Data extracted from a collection
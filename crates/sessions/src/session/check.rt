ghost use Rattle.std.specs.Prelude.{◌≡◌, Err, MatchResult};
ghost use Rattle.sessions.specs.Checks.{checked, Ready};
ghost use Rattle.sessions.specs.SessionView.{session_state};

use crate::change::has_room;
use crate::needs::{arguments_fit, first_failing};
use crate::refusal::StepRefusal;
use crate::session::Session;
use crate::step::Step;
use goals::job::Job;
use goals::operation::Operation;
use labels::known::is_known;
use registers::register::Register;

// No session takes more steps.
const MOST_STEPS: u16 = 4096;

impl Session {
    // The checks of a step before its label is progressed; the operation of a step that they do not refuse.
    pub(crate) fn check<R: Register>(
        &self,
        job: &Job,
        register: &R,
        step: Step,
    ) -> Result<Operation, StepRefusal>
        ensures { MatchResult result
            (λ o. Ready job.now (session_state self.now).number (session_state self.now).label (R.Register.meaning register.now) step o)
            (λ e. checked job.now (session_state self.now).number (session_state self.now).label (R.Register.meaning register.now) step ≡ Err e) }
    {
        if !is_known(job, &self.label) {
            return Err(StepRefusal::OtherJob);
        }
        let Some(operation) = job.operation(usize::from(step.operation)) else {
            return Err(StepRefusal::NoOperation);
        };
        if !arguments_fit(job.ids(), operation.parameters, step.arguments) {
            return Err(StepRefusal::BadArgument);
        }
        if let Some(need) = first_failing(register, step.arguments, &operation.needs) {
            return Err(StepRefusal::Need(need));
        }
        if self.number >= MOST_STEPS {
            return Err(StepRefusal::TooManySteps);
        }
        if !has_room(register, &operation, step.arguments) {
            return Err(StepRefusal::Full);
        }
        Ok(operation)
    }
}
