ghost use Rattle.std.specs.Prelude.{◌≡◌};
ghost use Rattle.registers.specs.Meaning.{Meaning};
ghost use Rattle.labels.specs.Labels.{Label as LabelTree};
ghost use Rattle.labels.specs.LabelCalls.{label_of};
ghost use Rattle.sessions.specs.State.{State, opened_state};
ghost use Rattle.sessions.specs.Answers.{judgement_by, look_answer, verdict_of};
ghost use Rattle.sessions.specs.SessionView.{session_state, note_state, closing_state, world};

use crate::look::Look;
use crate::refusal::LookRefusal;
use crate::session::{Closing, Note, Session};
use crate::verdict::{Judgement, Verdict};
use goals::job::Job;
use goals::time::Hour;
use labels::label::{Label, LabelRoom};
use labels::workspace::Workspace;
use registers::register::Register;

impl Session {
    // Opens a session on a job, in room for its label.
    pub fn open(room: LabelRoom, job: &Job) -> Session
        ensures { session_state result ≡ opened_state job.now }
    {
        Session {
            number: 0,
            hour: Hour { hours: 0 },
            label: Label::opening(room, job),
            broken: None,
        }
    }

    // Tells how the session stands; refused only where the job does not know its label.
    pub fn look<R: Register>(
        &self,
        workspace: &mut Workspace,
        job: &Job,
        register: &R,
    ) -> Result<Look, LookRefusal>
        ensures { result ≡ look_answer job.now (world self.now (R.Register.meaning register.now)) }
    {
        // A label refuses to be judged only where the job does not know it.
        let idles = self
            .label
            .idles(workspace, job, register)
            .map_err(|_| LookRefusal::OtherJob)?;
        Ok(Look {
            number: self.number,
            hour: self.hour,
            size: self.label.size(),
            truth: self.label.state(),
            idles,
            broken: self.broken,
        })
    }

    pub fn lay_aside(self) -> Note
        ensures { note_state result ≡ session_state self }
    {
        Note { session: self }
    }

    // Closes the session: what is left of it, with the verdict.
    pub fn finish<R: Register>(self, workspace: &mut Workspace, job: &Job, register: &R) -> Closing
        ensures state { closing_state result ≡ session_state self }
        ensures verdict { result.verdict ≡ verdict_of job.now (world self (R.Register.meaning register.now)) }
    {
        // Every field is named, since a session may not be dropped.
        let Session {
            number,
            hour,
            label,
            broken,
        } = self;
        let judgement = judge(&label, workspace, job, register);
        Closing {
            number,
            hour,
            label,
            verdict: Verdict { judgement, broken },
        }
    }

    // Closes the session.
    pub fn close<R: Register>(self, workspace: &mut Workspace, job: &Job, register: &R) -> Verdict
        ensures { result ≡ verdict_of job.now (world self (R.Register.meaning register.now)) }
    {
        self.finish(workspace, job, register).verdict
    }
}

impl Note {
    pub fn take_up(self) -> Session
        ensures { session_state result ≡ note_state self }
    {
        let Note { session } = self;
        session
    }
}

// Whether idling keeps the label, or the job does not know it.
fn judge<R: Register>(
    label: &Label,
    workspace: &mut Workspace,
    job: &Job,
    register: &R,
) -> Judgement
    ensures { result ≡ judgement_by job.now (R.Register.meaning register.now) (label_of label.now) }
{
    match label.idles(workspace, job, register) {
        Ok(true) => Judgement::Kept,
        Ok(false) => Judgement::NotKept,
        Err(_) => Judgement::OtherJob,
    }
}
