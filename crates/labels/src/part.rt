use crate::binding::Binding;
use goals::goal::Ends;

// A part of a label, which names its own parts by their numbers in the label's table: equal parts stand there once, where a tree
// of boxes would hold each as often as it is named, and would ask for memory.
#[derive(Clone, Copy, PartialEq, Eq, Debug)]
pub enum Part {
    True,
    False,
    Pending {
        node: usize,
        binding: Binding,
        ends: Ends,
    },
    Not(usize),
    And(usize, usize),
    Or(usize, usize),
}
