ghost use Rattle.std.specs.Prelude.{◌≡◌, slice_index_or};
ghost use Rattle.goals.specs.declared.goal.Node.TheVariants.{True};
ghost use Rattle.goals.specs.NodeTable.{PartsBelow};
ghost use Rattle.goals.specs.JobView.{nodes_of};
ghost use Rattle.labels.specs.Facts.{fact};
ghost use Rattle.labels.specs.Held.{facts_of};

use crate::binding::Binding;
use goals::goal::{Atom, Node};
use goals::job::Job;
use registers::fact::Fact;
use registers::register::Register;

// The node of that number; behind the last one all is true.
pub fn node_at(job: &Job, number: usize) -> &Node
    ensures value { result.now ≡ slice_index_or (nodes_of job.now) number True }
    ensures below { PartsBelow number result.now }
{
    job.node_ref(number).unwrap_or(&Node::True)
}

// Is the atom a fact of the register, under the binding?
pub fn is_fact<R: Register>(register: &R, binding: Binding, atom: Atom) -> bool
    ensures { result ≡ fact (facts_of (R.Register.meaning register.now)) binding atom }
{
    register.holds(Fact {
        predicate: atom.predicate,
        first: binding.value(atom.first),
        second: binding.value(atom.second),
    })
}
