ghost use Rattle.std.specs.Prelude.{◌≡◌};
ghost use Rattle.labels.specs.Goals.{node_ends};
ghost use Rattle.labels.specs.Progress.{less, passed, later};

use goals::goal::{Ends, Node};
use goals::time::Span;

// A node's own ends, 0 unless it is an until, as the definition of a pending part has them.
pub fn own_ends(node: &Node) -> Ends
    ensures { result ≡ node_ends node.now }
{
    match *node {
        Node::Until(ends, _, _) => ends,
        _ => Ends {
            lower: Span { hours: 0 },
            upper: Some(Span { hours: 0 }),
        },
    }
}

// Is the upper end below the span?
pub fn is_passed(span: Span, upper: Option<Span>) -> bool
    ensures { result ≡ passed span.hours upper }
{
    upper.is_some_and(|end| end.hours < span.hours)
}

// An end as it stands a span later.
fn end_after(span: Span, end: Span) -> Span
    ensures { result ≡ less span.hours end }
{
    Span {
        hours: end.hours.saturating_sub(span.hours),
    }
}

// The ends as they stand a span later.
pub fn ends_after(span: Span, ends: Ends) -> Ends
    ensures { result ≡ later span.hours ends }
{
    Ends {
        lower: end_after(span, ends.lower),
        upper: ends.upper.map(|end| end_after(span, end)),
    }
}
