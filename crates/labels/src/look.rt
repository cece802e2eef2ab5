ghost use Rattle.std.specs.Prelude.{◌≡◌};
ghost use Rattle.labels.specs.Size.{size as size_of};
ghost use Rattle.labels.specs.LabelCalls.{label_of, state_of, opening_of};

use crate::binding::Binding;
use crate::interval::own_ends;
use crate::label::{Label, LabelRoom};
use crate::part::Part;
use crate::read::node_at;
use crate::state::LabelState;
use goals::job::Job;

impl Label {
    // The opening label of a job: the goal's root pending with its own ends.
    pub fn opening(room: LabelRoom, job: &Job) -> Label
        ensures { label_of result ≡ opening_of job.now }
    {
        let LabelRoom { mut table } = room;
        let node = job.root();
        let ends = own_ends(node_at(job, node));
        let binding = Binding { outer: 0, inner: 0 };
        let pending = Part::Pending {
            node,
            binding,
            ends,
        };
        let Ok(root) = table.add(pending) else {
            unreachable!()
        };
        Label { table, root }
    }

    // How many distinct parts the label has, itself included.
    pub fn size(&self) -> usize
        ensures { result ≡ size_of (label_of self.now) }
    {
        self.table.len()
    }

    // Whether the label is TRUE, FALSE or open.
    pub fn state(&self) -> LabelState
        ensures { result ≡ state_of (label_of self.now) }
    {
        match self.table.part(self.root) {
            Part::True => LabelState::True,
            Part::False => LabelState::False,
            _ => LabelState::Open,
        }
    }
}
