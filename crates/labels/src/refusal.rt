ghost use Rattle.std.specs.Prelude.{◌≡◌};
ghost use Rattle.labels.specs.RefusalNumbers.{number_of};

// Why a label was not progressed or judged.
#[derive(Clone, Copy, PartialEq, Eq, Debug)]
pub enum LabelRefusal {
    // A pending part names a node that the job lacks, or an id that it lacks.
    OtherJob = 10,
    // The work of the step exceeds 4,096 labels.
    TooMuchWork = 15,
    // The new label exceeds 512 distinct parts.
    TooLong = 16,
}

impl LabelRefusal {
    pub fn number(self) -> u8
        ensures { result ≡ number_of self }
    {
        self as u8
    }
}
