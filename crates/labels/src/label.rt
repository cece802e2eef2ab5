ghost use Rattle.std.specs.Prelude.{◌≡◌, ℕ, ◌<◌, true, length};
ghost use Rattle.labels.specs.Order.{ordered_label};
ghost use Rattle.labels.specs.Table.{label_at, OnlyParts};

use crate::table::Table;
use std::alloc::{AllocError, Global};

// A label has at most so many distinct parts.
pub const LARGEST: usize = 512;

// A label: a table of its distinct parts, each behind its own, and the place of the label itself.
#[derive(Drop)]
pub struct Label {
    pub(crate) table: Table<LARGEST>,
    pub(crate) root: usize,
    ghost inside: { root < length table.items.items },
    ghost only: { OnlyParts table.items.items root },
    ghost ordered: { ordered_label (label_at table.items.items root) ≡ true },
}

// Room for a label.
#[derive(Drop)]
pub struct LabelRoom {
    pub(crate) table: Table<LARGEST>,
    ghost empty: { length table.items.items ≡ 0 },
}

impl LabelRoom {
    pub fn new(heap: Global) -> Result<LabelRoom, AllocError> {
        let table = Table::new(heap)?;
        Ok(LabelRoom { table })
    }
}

◆ **Problem**
The response must hold only the lines above from the line with "use crate::read::node_at;" through the line with "has, itself included.", each copied exactly, both ends kept.

◆ **Solution to this task**
use crate::read::node_at;
use crate::state::LabelState;
use goals::job::Job;

impl Label {
    // The opening label of a job: the goal's root pending with its own ends.
    pub fn opening(room: LabelRoom, job: &Job) -> Label
        ensures { label_of result ≡ opening_of job.now }
    {
        let LabelRoom { mut table } = room;
        let node = job.root();
        let ends = own_ends(node_at(job, node));
        let binding = Binding { outer: 0, inner: 0 };
        let pending = Part::Pending {
            node,
            binding,
            ends,
        };
        let Ok(root) = table.add(pending) else {
            unreachable!()
        };
        Label { table, root }
    }

    // How many distinct parts the label has, itself included.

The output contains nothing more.